In reply to KingBrilliant and General Lud The difference between a singers night and a singer around description of in " Folk Clubs" (Folk Clubs usual a private room in a Public House. Where a charge for entry was made on the door this nominal charge would then give the control of the room to the organiser and or committee or Co-operative). "Resident singers and or Group" a number of musicians and or singers poets. Who would support the club by performing regularly at the club? They would for their efforts receive some benefits these could be beer free entry not only on singer's night but also on guest nights or a share of the profits. "Guest Nights" a professional or seem- professional Folk Artist would perform and the door fee and monies from the club funds (profits from singer's nights and raffles) would make up their fee. Sometimes the club would break even or make a profit or loss on the nights.

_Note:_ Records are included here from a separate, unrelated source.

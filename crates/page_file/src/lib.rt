//! The pages of a store's file: reading one, which tells whether it is valid, and writing one. The runs read and write their
//! pages by it.
#![tactic(auto)]

mod component;
mod entry;
mod file;
mod laws;
mod page;

pub use component::no_component;
pub use file::{Broken, read_page, write_page};
pub use laws::{
    chains, one_component, one_order, one_page, pages_are_apart, what_stays, where_entries_stand,
};
pub use page::{LEAST_FULL, MOST_USED, PAGE_HEAD_LEN, PAGE_LEN, PageHead, number_of};
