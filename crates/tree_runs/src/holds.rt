//! Holds: snapshots of a range, whose pages stay.
ghost use Rattle.std.specs.Prelude.{◌≡◌, ◌<◌, ◌≤◌, ◌*◌, ℕ, Bool, List, None, Some, length, IfOk, OnOk, OnErr};
ghost use Rattle.blsm_model.specs.Format.{callers, least_full};
ghost use Rattle.page_file.specs.Component.{entries_of};
ghost use Rattle.page_space.specs.PageSet.{none_of};
ghost use Rattle.page_space.specs.Space.{pins_of, role_count};
ghost use Rattle.record_delta.specs.Entries.{above, replayed};
ghost use Rattle.bloom_bits.specs.Parts.{IsPartFrom};
ghost use Rattle.scan_view.specs.Holds.{pages_behind};
ghost use Rattle.scan_view.specs.Pins.{HasHeld};
ghost use Rattle.tree_file.specs.Tree.{Tree};
ghost use Rattle.tree_machine.specs.Lists.{rows_in};
ghost use Rattle.tree_runs.specs.Runs.{AreRuns, AreRunning, fences_of_tag, finished_by_pass, front_of, hold_share};
ghost use Rattle.tree_runs.specs.Holding.{AreOf, HoldFits, IsFrontFrom, IsHeldFrom, IsOlderFrom, PinsFor, PinsNamed, PinsParts, Repins};
ghost use Rattle.tree_runs.specs.Holding as holding;
ghost use Rattle.tree_runs.specs.Lookups.{IsFloorOf};

use crate::lookup::is_above;
use crate::runs::Runs;
use bloom_bits::Fence;
use blsm_model::{Component, Key};
use mem_table::Table;
use page_file::no_component;
use page_space::{Role, Space};
use refusal::NoMemory;
use scan_view::Hold;
use std::alloc::Global;

// Of two parts that both end where their component does, the one that begins later.
fn later_part(part: Component, behind: Component) -> Component
    ensures { result ≡ holding.later_part part (Some behind) }
{
    if behind.pages >= part.pages {
        return part;
    }
    if behind.pages == 0 {
        return no_component();
    }
    behind
}

// Pins for a seat the pages that these fences name; but on a disk that lies they may name any, so none without the tag.
fn pin_named(space: &mut Space, seat: u32, tag: Role, fences: &[Fence])
    requires { seat < callers }
    ensures { PinsNamed seat tag fences.now space.old space.new }
{
    // A map keeps its shape.
    let _pages = space.pages();
    for fence in fences {
        if space.has(tag, fence.page) {
            space.pin_page(seat, fence.page);
        }
    }
}

impl Runs {
    /// A hold for a caller's seat: the rows of the range from `low` on, without `high`, of table B over table A over the components, as they are
    /// now. Of each component it has the part from the page on that may have `low`, and never reads one before it. The components' pages are pinned for the
    /// seat, and none that it pinned before. It calls no device.
    ///
    /// Where table A was dropped up to its floor, what the pass has finished is read up to there in place of C1. Of that, and of C1, only the pages that
    /// the hold reads are pinned.
    ///
    /// Where memory is refused there is no hold, and the seat's pins stay as they were.
    /// A clause each for the rows of an honest disk and of any, for what the seat pins, and for what the merges keep.
    pub fn hold(
        &mut self,
        alloc: Global,
        seat: u32,
        low: &Key,
        high: &Key,
        a: &Table,
        b: &Table,
    ) -> Result<Hold, NoMemory>
        requires seat { seat < callers }
        requires runs { AreRuns self.old }
        requires fits { HoldFits self.old a.now.entries }
        ensures hold { IfOk result (IsHeldFrom self.old a.now.floor low.now high.now b.now.entries a.now.entries) }
        // In a file that holds a tree it has the rows of its lists to give, from pages that the seat pins: where table A is what its floor leaves of the
        // tree's list.
        ensures rows { (tree : Tree) (file : List ℕ) → AreOf self.old tree file → IsFloorOf a.now.floor self.old tree file
            → a.now.entries ≡ above a.now.floor (replayed tree.lane_a.entries)
            → IfOk result (λ hold. HasHeld self.old.sizes self.new.space.pins seat (Some hold)
            (Some (rows_in (record { b = b.now.entries; a = replayed tree.lane_a.entries; c1 = entries_of tree.c1; c1x = entries_of tree.c1x; c2 = entries_of tree.c2 }) low.now high.now)) file) }
        // It has no more pages than a hold may pin.
        ensures few { IfOk result (λ hold. pages_behind (Some hold) ≤ hold_share self.old.sizes) }
        ensures pins { OnOk result (Repins seat self.old self.new) }
        ensures exact { IfOk result (λ hold. PinsFor a.now.floor seat hold.front hold.c1 self.old self.new.space) }
        ensures kept { OnErr result (self.new ≡ self.old) }
        ensures running { (honest : Bool) (file : List ℕ) → AreRunning honest file self.old → AreRunning honest file self.new }
        ensures lists { (tree : Tree) (file : List ℕ) → AreOf self.old tree file → AreOf self.new tree file }
    {
        let floor = a.floor();
        let front = self.front_from(floor, low);
        let c1 = self.older_from(floor, low);
        let c1x = self.part_from(&self.catalogue.c1x, self.c1x, low);
        let c2 = self.part_from(&self.catalogue.c2, self.c2, low);
        let hold = Hold::build(alloc, low, high, a, b, &front, floor, &c1, &c1x, &c2)?;
        self.pin_for(seat, floor, &front, &c1);
        Ok(hold)
    }

    // The part of a component, whose pages have this tag, that can have keys from this one on.
    fn part_from(&self, run: &Component, role: Role, low: &Key) -> Component
        requires { length self.now.guides ≡ role_count }
        ensures { IsPartFrom low.now (fences_of_tag self.now role).list run.now result }
    {
        let guide = &self.guides[role.number() as usize];
        guide.fences.part_from(low, run)
    }

    // Of what the pass has finished, the part that can have keys from this one on, where the table was dropped up to one that isn't below it.
    fn front_from(&self, floor: &Option<Key>, low: &Key) -> Component
        requires { length self.now.guides ≡ role_count }
        ensures from { IsFrontFrom self.now floor.now low.now result }
        // On any disk its pages are nearly full.
        ensures full { least_full * result.pages ≤ (front_of (finished_by_pass self.now.pass)).weight }
    {
        if is_above(floor, low) {
            return no_component();
        }
        self.part_from(&self.front(), self.pass, low)
    }

    // Of C1 the part that can have keys from this one on, which the pages that the pass has finished don't have.
    fn older_from(&self, floor: &Option<Key>, low: &Key) -> Component
        requires { length self.now.guides ≡ role_count }
        ensures { IsOlderFrom self.now floor.now low.now result }
    {
        let part = self.part_from(&self.catalogue.c1, self.c1, low);
        if floor.is_none() {
            return part;
        }
        match &self.merges.pass {
            Some(snow) => later_part(part, snow.behind()),
            None => part,
        }
    }

    // Pins the pages of the components for a seat; or, where the table was dropped, those that its hold reads.
    fn pin_for(&mut self, seat: u32, floor: &Option<Key>, front: &Component, c1: &Component)
        requires seat { seat < callers }
        requires guides { length self.old.guides ≡ role_count }
        ensures rest { self.new ≡ record self.old { space = self.new.space } }
        ensures pins { PinsFor floor.now seat front.now c1.now self.old self.new.space }
    {
        match floor {
            Some(_) => self.pin_parts(seat, front, c1),
            None => self.space.pin(seat, self.c1, self.c1x, self.c2),
        }
    }

    // Pins the pages of C1' and C2 for a seat, and those of a part of the finished pages and of a part of C1, which the fences name.
    fn pin_parts(&mut self, seat: u32, front: &Component, c1: &Component)
        requires seat { seat < callers }
        requires guides { length self.old.guides ≡ role_count }
        ensures rest { self.new ≡ record self.old { space = self.new.space } }
        ensures pins { PinsParts seat front.now c1.now self.old self.new.space }
    {
        let finished = self.front();
        self.space.pin_two(seat, self.c1x, self.c2);
        let guide = &self.guides[self.pass.number() as usize];
        pin_named(
            &mut self.space,
            seat,
            self.pass,
            guide.fences.last_of(&finished, front),
        );
        let guide = &self.guides[self.c1.number() as usize];
        pin_named(
            &mut self.space,
            seat,
            self.c1,
            guide.fences.last_of(&self.catalogue.c1, c1),
        );
    }

    /// Drops the pins of a caller's seat. Its pages that are no component's and no run's, and that no other seat pins, are free then.
    pub fn unpin(&mut self, seat: u32)
        requires seat { seat < callers }
        requires runs { AreRuns self.old }
        ensures pins { Repins seat self.old self.new }
        ensures none { pins_of self.new.space seat ≡ none_of self.old.space.pages }
        ensures running { (honest : Bool) (file : List ℕ) → AreRunning honest file self.old → AreRunning honest file self.new }
        ensures lists { (tree : Tree) (file : List ℕ) → AreOf self.old tree file → AreOf self.new tree file }
    {
        self.space.unpin(seat);
    }
}
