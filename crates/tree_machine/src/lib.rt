//! The tree as a machine over lists: its state, its steps, and the answer of each. It has sorted lists where the store has
//! tables, pages and a log, so that what the store answers, how its merges are paced and what a crash leaves can be said of
//! lists and numbers. The core's calls are its steps. It touches no disk.
#![tactic(auto)]

mod laws;
mod step;

pub use laws::{
    merges_fold, outcomes_are_told, seats_apart, snowshovelling, steps_change_little, steps_stand,
};
pub use step::{Kind, Step};
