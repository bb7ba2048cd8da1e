//! Components: sorted runs of entries on pages, each of which names the next one.
//!
//! A component reads as a list of entries exactly where its pages, followed from the first, are as many valid pages as it says,
//! of which only the last has no next one; the keys strictly rise, over the page ends too; its entries and its weight are
//! those of the pages together; and no page is met twice.
ghost use Rattle.std.specs.Prelude.{◌≡◌, ℕ, List, []};
ghost use Rattle.blsm_model.specs.Sizes.{Sizes};
ghost use Rattle.blsm_model.specs.Components.{empty_component};
ghost use Rattle.page_file.specs.Component.{ReadsAs};

use crate::page::number_of;
use blsm_model::Component;

/// The component without entries: it has no page, and its first one's number is 2^32 - 1.
pub fn no_component() -> Component
    ensures empty { result ≡ empty_component }
    // It reads so in any file.
    ensures reads { (sizes : Sizes) (file : List ℕ) → ReadsAs sizes result [] file }
{
    Component {
        first: number_of(None),
        pages: 0,
        entries: 0,
        weight: 0,
    }
}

Clubs would come and go and others would spring up in their place.

So a singers night would be when club residents would, along with singers from other clubs would perform a set of three songs. The club's MC who's job it would be to create an atmosphere. He or She would attempt to do this by manipulating running order of the artists and by using his or her repartee to introduce each singer or group of singers. Different techniques would shine through ever artist could be ether depending on the MC personality the most wonderful or He or She would introduce ever artist or group as crap. Whichever technique was used the MC's who managed to make each and ever singer feel at ease and valued would encourage singers to visit that club again.

The basic rule of the club would be that the audience would not chat amongst themselves whilst some one was performing. The set's of three song's would enable the singers to build up a sets of songs that would then joined together enable them to become guest's at other folk club's. That is if they were thought to be talented enough to do so by club organisers.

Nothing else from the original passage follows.